My life was taken over with Rheumatoid Arthritis but I got lucky.  After years of medications, combinations of medications and research programs I found a medication that put me into medical remission. Time to give back. Time to work to create more awareness for arthritis in general, and for the kids with arthritis in particular. And today my life is still taken over with arthritis, only now it’s for the kids. They have also taken over my heart.

My goal, of course, is a cure. My immediate goal is awareness. Kids shouldn’t be made fun of because they can’t run or jump. Infants should be able to learn how to crawl and walk. Teenagers should be able to dance and play sports. This is what childhood is supposed be about, not doctors’ offices, IV infusions, emergency rooms and hospitals.  If I get in a pity party for myself, I think about the kids. They are the ones we should focus on.
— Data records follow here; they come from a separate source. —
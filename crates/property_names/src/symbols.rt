//! Properties by their names in a circuit's symbol table.

ghost use Rattle.std.specs.Prelude.{◌≡◌, ◌<◌, ◌^◌, Some, IfOk, IfSome};
ghost use Rattle.graph.specs.Circuits.{position_of, property_text};
ghost use Rattle.graph.specs.declared.circuit.Property.{Property as AProperty};
ghost use Rattle.property_names.specs.Symbols.{IsAskedBy, IsCalled, IsOf};
ghost use Rattle.property_names.specs.declared.symbols.Asked.TheVariants.{Property as AsksProperty};

use crate::property_name::property_named;
use graph::{AigerFile, Property, Symbol, SymbolKind};

/// What a word asks for.
#[derive(Clone, Copy)]
pub enum Asked<'a> {
    /// The property of this kind and position.
    Property(Property),
    /// The property that has this name in the circuit's symbol table.
    Symbol(&'a str),
}

/// Why a name is of no property.
#[derive(Clone, Copy)]
pub enum NameError {
    /// No property has it.
    Unknown,
    /// Several properties have it.
    Several,
}

/// Whether the word is digits, behind `b`, `j` or `o` or alone.
fn is_numbered(word: &[u8]) -> bool {
    let digits = match word {
        [b'b' | b'j' | b'o', digits @ ..] => digits,
        _ => word,
    };
    digits.iter().all(|byte| byte.is_ascii_digit())
}

/// What the word asks for. A word of digits, behind `b`, `j` or `o` or alone, is no symbol's name, and it asks for
/// nothing where it names no property.
pub fn asked_by(word: &str) -> Option<Asked<'_>>
    ensures asks { IfSome result (IsAskedBy word.now) }
    ensures named { (p : AProperty) → word.now ≡ property_text p → position_of p < 2 ^ 32 → result ≡ Some (AsksProperty p) }
{
    match property_named(word) {
        Some(property) => Some(Asked::Property(property)),
        None if is_numbered(word.as_bytes()) => None,
        None => Some(Asked::Symbol(word)),
    }
}

/// The property that the symbol names, where it may be one.
pub fn property_of(symbol: &Symbol, are_outputs_bad: bool) -> Option<Property>
    ensures { IfSome result (IsOf symbol.now) }
{
    match symbol.kind {
        SymbolKind::Bad => Some(Property::Bad(symbol.position)),
        SymbolKind::Justice => Some(Property::Justice(symbol.position)),
        SymbolKind::Output if are_outputs_bad => Some(Property::Output(symbol.position)),
        _ => None,
    }
}

/// The property that the symbol gives this name.
fn called_by(symbol: &Symbol, name: &[u8], are_outputs_bad: bool) -> Option<Property>
    ensures of { IfSome result (IsOf symbol.now) }
    ensures named { IfSome result (λ _. symbol.now.name ≡ name.now) }
{
    if symbol.name.as_slice() == name {
        property_of(symbol, are_outputs_bad)
    } else {
        None
    }
}

/// The one property of the circuit that has this name in the symbol table.
pub fn property_called(file: &AigerFile, name: &str) -> Result<Property, NameError>
    ensures { IfOk result (IsCalled file.now.symbols name.now) }
{
    let are_outputs_bad = file.model().parts().are_outputs_bad();
    let symbols = file.symbols();
    let mut found = None;
    for symbol in symbols {
        if let Some(property) = called_by(symbol, name.as_bytes(), are_outputs_bad) {
            if found.is_some() {
                return Err(NameError::Several);
            }
            found = Some(property);
        }
    }
    found.ok_or(NameError::Unknown)
}

/// The name of the property in the circuit's symbol table, where it has one.
pub fn symbol_of(file: &AigerFile, property: Property) -> Option<&[u8]>
    ensures { IfSome result (λ name. IsCalled file.now.symbols name.now property) }
{
    let are_outputs_bad = file.model().parts().are_outputs_bad();
    for symbol in file.symbols() {
        if property_of(symbol, are_outputs_bad) == Some(property) {
            return Some(symbol.name.as_slice());
        }
    }
    None
}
So what do we do? We support organizations and social media pages that feature these special kids. As advocates, we work together for awareness. There is more than one way to reach a goal and we need to recognize this and each take our own paths as long as our hearts are in the right place.  When you visit Christine’s Kids your heart can’t be anywhere but in the right place, with these special Superheroes. When you watch the video you will understand. I am not diminishing the pain or suffering from all arthritis. But, as adults we can speak up for ourselves. It’s harder to get someone to listen to the younger ones. We need to stand up and have our voices heard.

Listen to the song, look at the faces. Let’s make a difference. These special kids deserve it.